2010年代後半に起こったロンドンシーン その3 レーベルカラー
Sports TeamのHolm Front
Holm FrontはSports Teamのレーベルで、初めはたぶん自分たちのレコードを中心にって感じだったんだろうけどユニバーサルとの契約が決まってから自分たちが良いと思ったバンドを出してシーンを引っ張りあげようとする方向に明確に舵を切ったような感じがする。AlexとShameのCharlie Steenがロンドンのシーンについて一晩語り明かしたエピソードが示すように、Shameと同じくらいSports Teamも自分たちの立ち位置に自覚的でShameとはまた違ったやり方でシーンを盛り上げようと試みた。
ここで重要なのはSports Teamはウィンドミル系のバンドじゃないというところ(ケンブリッジからウエスト・ロンドンへ)。外からウィンドミルのシーンを眺めて称賛しどこが足りないのかと見極めて、それとは違う流れを作り出すリーダーたらんとした。Shameを中心としたウィンドミル系の流れはそこに集った仲間とコミュニティを形成しその広がりと共にシーンも大きくなるというある種内向きでそして自然なものだったけど、Sports Teamは最初から円の外側を見ていて発生したこの現象を一過性のブームで終わらせないように動いていた。内向きなシーンをいかに外に向けてアピールするか、それは自分たちが大きくなって音楽シーンの流れを変えること、Sports Teamには野心があった。ここがShameらウィンドミル系のバンドとSports Teamの一番の違いだったんじゃないかと思う。
ギターバンドを再びクールな存在にする、その為の手段としてレーベル(Holm Front)はある。ウィンドミルの外にいるバンドをシーンの中に引っ張り込んでそれをシーンの燃料とする。もちろん価値観が共有された良いバンドでなければ燃料たり得ないけれどSports Teamの審美眼はそれをキチンと選び取る。
そんなSports Teamが選択したレーベルのリリース第一弾はケンブリッジ時代から知っている後輩Ugly。Uglyを第一弾に持って来た時点でもう勝負は決決まった。初手にして最高。もちろん引っ張って来れたのはその縁があってのことだろうけど、縁があったから出したんじゃないってことは音を聞けば一発でわかる。
そしてSports Teamはその後スコットランドのWolt Discoを出し、オランダ遠征で発見したPersonal Trainerをイングランドに持ち帰った。新しいバンドの新しい音楽、レーベルの姿勢は毎週のように更新されるSpotifyのプレイリストを通して表明されて、ファンはSports Teamコミュニティを通して意見を伝える(このコミュニティの詳しい話は前に書いた記事を読んで欲しい)。こうした形で透明性が保たれるからこそ、大きくなることがインディ的な裏切りとならずにシーンの良さを保ったままその輪を広げていることが出来ているんじゃないかと思う。
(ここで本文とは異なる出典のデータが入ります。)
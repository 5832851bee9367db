// Firing a rule at positions that fit: its constraints are removed, its body is appended, and its equations are solved.
ghost use Rattle.std.specs.Prelude.{true, is_some, unwrap_or, [], map, ◌≡◌, ◌+◌, ◌-◌, ◌*◌, ◌≤◌, ◌<◌, length, take, drop, get_or};
ghost use Rattle.text.specs.Lists.{up_to};
ghost use Rattle.tables.specs.Layout.{constraint_size, kept_cell, heads_cell};
ghost use Rattle.engine.specs.Cells.{instance_cell, moved_row, closed_gap};
ghost use Rattle.fitting.specs.Positions.{Row};
ghost use Rattle.engine.specs.States.{Highest, Removed, Appended, Equated, SolvedRule, Fires, Fired, Skips, Placed};

use crate::solving::solve;
use tables::layout::{
    BODY_CELL, CONSTRAINT_SIZE, EQUATIONS_CELL, FIRST_VARIABLE, HEADS_CELL, KEPT_CELL,
};
use tables::rows::{at_most_four, body, equations};
use tables::wide;

// A cell of a rule's body: what the rule's variable is bound to, or a new variable.
#[tactic(auto, unfolding(crate::specs::Cells::instance_cell))]
pub fn instance(cell: u16, bindings: &[u16], next: u16) -> u16
    requires { (length bindings.now ≡ 26) × (next ≤ 65000) }
    ensures { result ≡ instance_cell next bindings.now cell }
{
    if cell < FIRST_VARIABLE {
        return cell;
    }
    let x = wide(cell - FIRST_VARIABLE);
    if x < 26 {
        let settled = bindings[x];
        if settled == 0 {
            return next + cell;
        }
        return settled;
    }
    cell
}

// Writes a rule's cells with its variables replaced.
pub fn instantiate(source: &[u16], bindings: &[u16], next: u16, out: &mut [u16])
    requires { (length source.now ≡ length out.old) × (length bindings.now ≡ 26) × (next ≤ 65000) }
    ensures { out.new ≡ map (instance_cell next bindings.now) source.now }
{
    for (i, cell) in source.iter().enumerate() {
        out[i] = instance(*cell, bindings, next);
    }
}

// Copies the constraint at a position to an earlier one.
#[tactic(auto, unfolding(crate::specs::Cells::moved_row))]
pub fn move_row(cells: &mut [u16], from: usize, to: usize)
    requires { (to ≤ from) × (constraint_size * from + constraint_size ≤ length cells.old) }
    ensures { cells.new ≡ moved_row from to cells.old }
{
    let a = CONSTRAINT_SIZE * from;
    cells.copy_within(a..a + CONSTRAINT_SIZE, CONSTRAINT_SIZE * to);
}

// Moves the constraints of k behind a position one forward, over the one there.
pub fn close_gap(cells: &mut [u16], k: usize, p: usize)
    requires { (p < k) × (constraint_size * k ≤ length cells.old) }
    ensures { cells.new ≡ closed_gap k p cells.old }
{
    let at = CONSTRAINT_SIZE * p;
    cells.copy_within(at + CONSTRAINT_SIZE..CONSTRAINT_SIZE * k, at);
}

// The highest of the positions that lie below p, if one does.
pub fn highest(positions: &[usize], p: usize) -> Option<usize>
    ensures { Highest positions.now p result }
{
    let mut top = None;
    for q in positions {
        if *q < p && top < Some(*q) {
            top = Some(*q);
        }
    }
    top
}

// Removes the constraints at the positions, the highest first, and closes each gap; answers how many are left.
pub fn remove(cells: &mut [u16], m: usize, positions: &[usize]) -> usize
    requires { length cells.old ≡ constraint_size * m }
    ensures { Removed m positions.now cells.old cells.new result }
{
    let mut k = m;
    let mut below = m;
    while let Some(p) = highest(positions, below) {
        close_gap(cells, k, p);
        k -= 1;
        below = p;
    }
    k
}

// Appends a rule's body behind k constraints; answers how many there are then.
pub fn append_body(row: &[u16], bindings: &[u16], next: u16, cells: &mut [u16], k: usize) -> usize
    requires { Row row.now × (length bindings.now ≡ 26) × (next ≤ 65000)
        × (constraint_size * k + 30 ≤ length cells.old) }
    ensures { Appended row.now bindings.now next cells.old cells.new k result }
{
    let n = wide(row[BODY_CELL]);
    let s = CONSTRAINT_SIZE * k;
    let t = s + CONSTRAINT_SIZE * n;
    instantiate(body(row), bindings, next, &mut cells[s..t]);
    k + n
}

// Solves a rule's equations in the state; false where it fails.
pub fn solve_rule(
    row: &[u16],
    bindings: &[u16],
    next: u16,
    bound: &mut [u16],
    cells: &mut [u16],
) -> bool
    requires { Equated row.now bindings.now next cells.old }
    ensures { SolvedRule result row.now bindings.now next bound.old cells.old
        bound.new cells.new }
{
    let n = at_most_four(row[EQUATIONS_CELL]);
    let t = 2 * n;
    let mut sides = [0u16; 8];
    instantiate(equations(row), bindings, next, &mut sides[..t]);
    solve(&mut sides[..t], n, bound, cells)
}

// The rest of a firing, behind the constraints that are left: the body is appended and the equations are solved. Answers how many
// constraints the state has then; None where it fails.
pub fn complete(
    row: &[u16],
    bindings: &[u16],
    next: u16,
    bound: &mut [u16],
    cells: &mut [u16],
    left: usize,
) -> Option<usize>
    requires { Equated row.now bindings.now next (take (constraint_size * left) cells.old)
        × (constraint_size * left + 30 ≤ length cells.old) }
    ensures { Fired row.now [] bindings.now next bound.old cells.old left
        bound.new cells.new (is_some result) (unwrap_or result 0) }
{
    let count = append_body(row, bindings, next, cells, left);
    let end = CONSTRAINT_SIZE * count;
    if solve_rule(row, bindings, next, bound, &mut cells[..end]) {
        return Some(count);
    }
    None
}

// The state after firing a rule at positions that fit: the constraints of its kept heads stay where they are. Answers how many
// constraints there are then; None where the state fails.
pub fn fire(
    row: &[u16],
    positions: &[usize],
    bindings: &[u16],
    next: u16,
    bound: &mut [u16],
    cells: &mut [u16],
    m: usize,
) -> Option<usize>
    requires { Fires row.now positions.now bindings.now next cells.old m }
    ensures { Fired row.now positions.now bindings.now next bound.old
        cells.old m bound.new cells.new (is_some result) (unwrap_or result 0) }
{
    let heads = wide(row[HEADS_CELL]);
    let first = wide(row[KEPT_CELL]);
    let placed = &positions[..heads];
    let old = CONSTRAINT_SIZE * m;
    let left = remove(&mut cells[..old], m, &placed[first..]);
    complete(row, bindings, next, bound, cells, left)
}

// Whether positions are 0, 1 and on.
pub fn is_front(positions: &[usize]) -> bool
    ensures { result ≡ true → positions.now ≡ up_to (length positions.now) }
{
    for (i, p) in positions.iter().enumerate() {
        if *p != i {
            return false;
        }
    }
    true
}

// How many constraints a state has then (None where it fails), how many rows before it are no longer its own, and how many
// constraints were removed.
#[derive(Drop)]
pub struct Front {
    pub count: Option<usize>,
    pub skip: usize,
    pub removed: usize,
}

// The same firing; where it removes the first constraints, the state begins behind them, and nothing is moved.
pub fn fire_front(
    row: &[u16],
    positions: &[usize],
    bindings: &[u16],
    next: u16,
    bound: &mut [u16],
    cells: &mut [u16],
    m: usize,
) -> Front
    requires { Fires row.now positions.now bindings.now next cells.old m × (get_or row.now heads_cell 0 ≤ m) }
    ensures { Fired row.now positions.now bindings.now next bound.old
        cells.old m bound.new (drop (constraint_size * result.skip) cells.new)
        (is_some result.count) (unwrap_or result.count 0)
        × Skips m result.skip (unwrap_or result.count 0)
        × (result.removed ≡ get_or row.now heads_cell 0 - get_or row.now kept_cell 0) }
{
    let heads = wide(row[HEADS_CELL]);
    let kept = wide(row[KEPT_CELL]);
    let removed = heads - kept;
    let placed = &positions[..heads];
    if is_front(&placed[kept..]) {
        let s = CONSTRAINT_SIZE * removed;
        let count = complete(row, bindings, next, bound, &mut cells[s..], m - removed);
        return Front {
            count,
            skip: removed,
            removed,
        };
    }
    let count = fire(row, positions, bindings, next, bound, cells, m);
    Front {
        count,
        skip: 0,
        removed,
    }
}

// Copies the constraints from a position on to the front.
pub fn move_down(cells: &mut [u16], from: usize, count: usize)
    requires { constraint_size * (from + count) ≤ length cells.old }
    ensures { take (constraint_size * count) cells.new
        ≡ take (constraint_size * count) (drop (constraint_size * from) cells.old) }
{
    cells.copy_within(CONSTRAINT_SIZE * from..CONSTRAINT_SIZE * (from + count), 0);
}

// Where the constraints stand that stood from a position on: at the front, if there was no room behind them for six more.
pub fn make_room(cells: &mut [u16], at: usize, count: usize) -> usize
    requires { (constraint_size * (at + count) ≤ length cells.old) × (constraint_size * count + 30 ≤ length cells.old) }
    ensures { Placed cells.old at count cells.new result }
{
    if cells.len() < CONSTRAINT_SIZE * (at + count) + 30 {
        move_down(cells, at, count);
        return 0;
    }
    at
}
だからこそSports Teamにとってはきっとここから先が重要、メディアや大手レーベルが求めたからではないシーンの広がり、ブームで終わらせないためのその一翼をSports Teamは担っている。
Sports Team
Pavementが好きでThe Strokesの影響を受けThe Family Catを偏愛する、ケンブリッジ大学で結成されそこからスタートしたSports Teamは気がつけばブリットポップを感じさせるBlurみたいなスケールの大きいバンドになっていた。レディ・ガガに勝手に挑んだ1stアルバムの戦いは記憶に新しく、今もなおエンターテインメントを提供し続けている(なぜだかビールを造っていた)。思うに今のバンドはストーリーとユーモアが足りていない、インタビューでのその言葉通りにSports Teamは活動しMargateへのバスツアーからWhatsAppを通してのコミュニティ作りまで仲間と共に集まるべき場所を作り続けた。バンドとファン、そしてファンとファンとを結びつけるコミュニティは出来事を思い出として共有し全てを価値あるものに変えていく(少なくともそのように思えるものに)。音楽はその中心にあり、ライブには熱狂が形となって現れた。俺たちの仲間の代表がステージにいる、Sports Teamとはもはやコミュニティそのものなのだ。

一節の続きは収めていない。